Brundyn played a key role in developing the Sculpture Garden, which grew to include 21 major installations, notably securing Yinka Shonibare CBE's Wind Sculpture SG III (2019) — the only monumental Shonibare sculpture on the African continent. She also launched The Collector Focus, a programme of curated exhibitions and talks that highlighted the role of collectors in shaping cultural value and sustaining artistic ecosystems.

=== Zeitz MOCAA (2015-2017) ===
As the Director of Institutional Development and External Affairs at Zeitz MOCAA Elana Brundyn was part was part of a small team that helped launch the Zeitz MOCAA in September 2017. She was responsible for creating a long-term fundraising strategy for the museum through partnerships, sponsorships, membership programmes and organising special events like the Christies Auction, the Preview Weekend and the Grand Public Opening.

=== February 2022 – Present: Brundyn Arts and Culture & Art House Collection ===
Elana is the founder and CEO of Brundyn Arts and Culture, an art consultancy focused on promoting contemporary African art.

In February 2022, She co-founded Art House Collection, a short-term residential property rental company that highlights homes with a design focus, integrating luxury accommodation, purpose-driven travel, and contemporary art experiences. Through these ventures, she connects guests with artists, collections, and the broader South African cultural landscape.

== Projects and publications ==
Brundyn oversees a broad portfolio of cultural, educational, and research-driven initiatives. Her recent publishing work includes the BACkids series, an educational programme introducing children to art, auctions, and visual culture. This includes BACkids Vol. I (April 2024), Vol. II (September 2024), and Vol. III (February 2025), as well as an educational worksheet released in February 2024 to accompany Lebohang Kganye's exhibition at Boschendal. An upcoming children's book, Cultural Explorers: Lift Your Padel, extends this outreach into art-auction literacy for young readers.

Brundyn is a trustee of The Stellenbosch Outdoor Sculpture Trust which has launched hosted two triennials (2022 & 2025).

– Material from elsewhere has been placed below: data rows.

//! What a worker waits for before anything leaves.

use super::{FixedClock, Open, Team, Trial, come_to, entries_of, filled, on_two_books, start};
use books_shared::Guard;
use floor_core::{Got, Slot};
use meters::Meters;
use one_list::Run;
use std::alloc::Global;
use std::sync::Wait;
use std::sync::atomic::{AtomicU64, Ordering};
use std::test::Fail;
use tenant_core::{Command, Period};
use test_texts::frame;
use workers::{
    GovernFault, Job, JournalPlace, Keeping, Link, NotKept, Outgoing, Reply, Tools, carry, govern,
};

/// One who keeps what is done, and notes what is asked of it. It has room or not, and fails from some call on.
#[derive(Drop)]
struct Watching {
    has_room: bool,
    // From that wait on it fails. The first one is 1.
    fails_at: u64,
    waits: AtomicU64,
    rolls: AtomicU64,
    // The place of the last wait.
    period: AtomicU64,
    number: AtomicU64,
}

impl<J: Run> Keeping<J> for Watching {
    ghost keeps = { λ _ _. Unit {0} };

    ghost fails = { λ _. Unit {0} };

    fn has_room(&self, _tenant: usize) -> bool {
        self.has_room
    }

    fn note_closed(&self, _guard: &mut Guard<'_, J>, _period: &Period) {
        self.rolls.fetch_add(1, Ordering::SeqCst);
    }

    fn wait(&self, place: JournalPlace) -> Result<(), NotKept> {
        let wait = self.waits.fetch_add(1, Ordering::SeqCst);
        self.period.store(place.period, Ordering::SeqCst);
        self.number.store(place.number, Ordering::SeqCst);
        if wait >= self.fails_at.saturating_sub(1) {
            return Err(NotKept);
        }
        Ok(())
    }
}

impl Watching {
    fn new(has_room: bool, fails_at: u64) -> Watching {
        Watching {
            has_room,
            fails_at,
            waits: AtomicU64::new(0),
            rolls: AtomicU64::new(0),
            period: AtomicU64::new(0),
            number: AtomicU64::new(0),
        }
    }

    // How many waits and closed periods there were, and the place of the last wait.
    fn seen(&self) -> (u64, u64, u64, u64) {
        (
            self.waits.load(Ordering::SeqCst),
            self.rolls.load(Ordering::SeqCst),
            self.period.load(Ordering::SeqCst),
            self.number.load(Ordering::SeqCst),
        )
    }
}

/// A link that looks after which wait it is asked.
#[derive(Drop)]
struct Timely<'a> {
    keeping: &'a Watching,
    answer: &'a [u8],
    sends: u64,
    is_timely: bool,
}

impl Link for Timely<'_> {
    ghost sent = { λ link. link.sends };

    ghost sends_so = { λ before sending after. Unit {0} };

    fn sends(&self) -> u64 {
        self.sends
    }

    fn send(&mut self, _packet: Outgoing<'_>, out: &mut [u8]) -> Got {
        self.sends += 1;
        self.is_timely = self.keeping.seen() == (1, 0, 0, 1);
        filled(out, self.answer)
    }
}

/// A packet of alice's, whose keeper has room and fails so, and what becomes of it.
#[derive(Clone, Copy)]
struct Kept {
    title: &'static str,
    has_room: bool,
    fails_at: u64,
    reply: Reply,
    code: u16,
    sends: u64,
    // How many entries the book has then, how often was waited, and the place of the last wait.
    entries: u64,
    seen: (u64, u64, u64, u64),
    // The balances and the number of acme's book at the end.
    gathered: (i64, i64, u64, u64, u64),
}

static PACKETS: [Kept; 4] = [
    Kept {
        title: "all is kept",
        has_room: true,
        fails_at: 3,
        reply: Reply::Settled(Got::Filled(35)),
        code: 200,
        sends: 1,
        entries: 2,
        seen: (2, 0, 0, 2),
        gathered: (1_000, -1_500, 0, 0, 2),
    },
    Kept {
        title: "no room",
        has_room: false,
        fails_at: 3,
        reply: Reply::NoRoom,
        code: 503,
        sends: 0,
        entries: 0,
        seen: (0, 0, 0, 0),
        gathered: (0, 0, 0, 0, 0),
    },
    Kept {
        title: "the verdict is not kept",
        has_room: true,
        fails_at: 1,
        reply: Reply::Unkept,
        code: 503,
        sends: 0,
        entries: 2,
        seen: (1, 0, 0, 1),
        gathered: (0, 0, 0, 0, 2),
    },
    Kept {
        title: "the answer is not kept",
        has_room: true,
        fails_at: 2,
        reply: Reply::Untold(Got::Filled(35)),
        code: 503,
        sends: 1,
        entries: 2,
        seen: (2, 0, 0, 2),
        gathered: (1_000, -1_500, 0, 0, 2),
    },
];

// The reply to alice's packet, how often it was sent, whether after the first wait, and whether the slot has bytes for its sender.
fn carried<J: Run, R: Wait>(
    rt: &R,
    alloc: Global,
    team: &mut Team<J>,
    keeping: &Watching,
) -> Result<(Reply, u64, bool, bool), Fail> {
    if team.books.tenants() == 0 {
        return Err("a tenant".into());
    }
    let (bytes, answer) = (frame(alloc, "{base}")?, frame(alloc, "{fulfill}")?);
    let mut link = Timely {
        keeping,
        answer: answer.as_slice(),
        sends: 0,
        is_timely: true,
    };
    let (meters, mut seat) = Meters::new(alloc, 1)?;
    let mut slot = Slot::new(alloc)?;
    let tools = Tools {
        rt,
        alloc,
        books: &team.books,
        meters: &meters,
        clock: &FixedClock(start()?),
        keeping,
    };
    let job = Job {
        tenant: 0,
        token: b"tok-alice",
        frame: bytes.as_slice(),
    };
    let reply = carry(
        &tools,
        &mut seat,
        &mut slot,
        &mut team.first,
        &mut link,
        &Open,
        job,
    );
    Ok((reply, link.sends, link.is_timely, !slot.reply().is_empty()))
}

impl Trial for Kept {
    fn act<J: Run, R: Wait + AllocGlobal>(&self, rt: &R, mut team: Team<J>) -> Result<bool, Fail> {
        let keeping = Watching::new(self.has_room, self.fails_at);
        let (reply, sends, is_timely, is_told) = carried(rt, rt.alloc(), &mut team, &keeping)?;
        let is_right = reply == self.reply
            && reply.status().code() == self.code
            && sends == self.sends
            && is_timely
            && is_told == (self.code == 200)
            && entries_of(&team.first) == Some(self.entries)
            && keeping.seen() == self.seen;
        Ok(is_right && come_to(rt.alloc(), team, self.gathered)?)
    }
}

#[test]
fn nothing_leaves_before_it_is_kept(rt: HostRuntime) -> Result<(), Fail> {
    for packet in &PACKETS {
        let title = packet.title;
        assert!(rt; on_two_books(&rt, "64", packet)?, "{title}");
    }
    Ok(())
}

/// A roll of acme's operator, with one who keeps it; then one who has no room, and one who fails.
struct Rolls;

// The outcome of a roll, as a number: 0 for done, 1 for no room, 2 for not kept, 3 for any other fault.
fn rolled<J: Run, R: Wait>(
    rt: &R,
    alloc: Global,
    team: &mut Team<J>,
    keeping: &Watching,
) -> Result<u8, Fail> {
    if team.books.tenants() == 0 {
        return Err("a tenant".into());
    }
    let (meters, mut seat) = Meters::new(alloc, 1)?;
    let tools = Tools {
        rt,
        alloc,
        books: &team.books,
        meters: &meters,
        clock: &FixedClock(start()?),
        keeping,
    };
    match govern(&tools, &mut seat, &mut team.first, 0, &Command::Roll) {
        Ok(_) => Ok(0),
        Err(GovernFault::NoRoom) => Ok(1),
        Err(GovernFault::Unkept) => Ok(2),
        Err(_) => Ok(3),
    }
}

impl Trial for Rolls {
    fn act<J: Run, R: Wait + AllocGlobal>(&self, rt: &R, mut team: Team<J>) -> Result<bool, Fail> {
        let (good, full, broken) = (
            Watching::new(true, 2),
            Watching::new(false, 2),
            Watching::new(true, 1),
        );
        let is_done = rolled(rt, rt.alloc(), &mut team, &good)? == 0 && good.seen() == (1, 1, 1, 0);
        let is_full = rolled(rt, rt.alloc(), &mut team, &full)? == 1 && full.seen() == (0, 0, 0, 0);
        let is_broken = rolled(rt, rt.alloc(), &mut team, &broken)? == 2
            && broken.seen() == (1, 1, 2, 0);
        Ok(is_done && is_full && is_broken && come_to(rt.alloc(), team, (0, 0, 0, 0, 2))?)
    }
}

#[test]
fn a_roll_is_kept(rt: HostRuntime) -> Result<(), Fail> {
    assert!(rt; on_two_books(&rt, "64", &Rolls)?);
    Ok(())
}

== Awards and recognitions ==
Brundyn's work in contemporary art and cultural leadership has earned significant recognition. In 2020, she received a Special Commendation from the Sotheby's Prize for the exhibition Alt and Omega: Jackson Hlungwani, making the Norval Foundation the only African art institution honoured that year for curatorial excellence. Beyond formal awards, her impact is reflected in a series of major initiatives she helped establish or guide, including the Norval Sovereign African Art Prize (2022–present), the Norval x Boschendal Project (2022–2023), the subsequent Boschendal x Brundyn collaboration (2023–2025), and the Cape Town Art Book Fair (2020–present). She also oversaw notable cultural collaborations such as a dance film with the Cape Town City Ballet (2020), a GUCCI-supported cultural event (2019), and long-running programmes at the Norval Foundation, including the Artist Edition Programme (2018–present), the Concert Programme curated by Kyle Shepherd (2018–present), and the Foundation's Opening Gala Garden Party in 2018.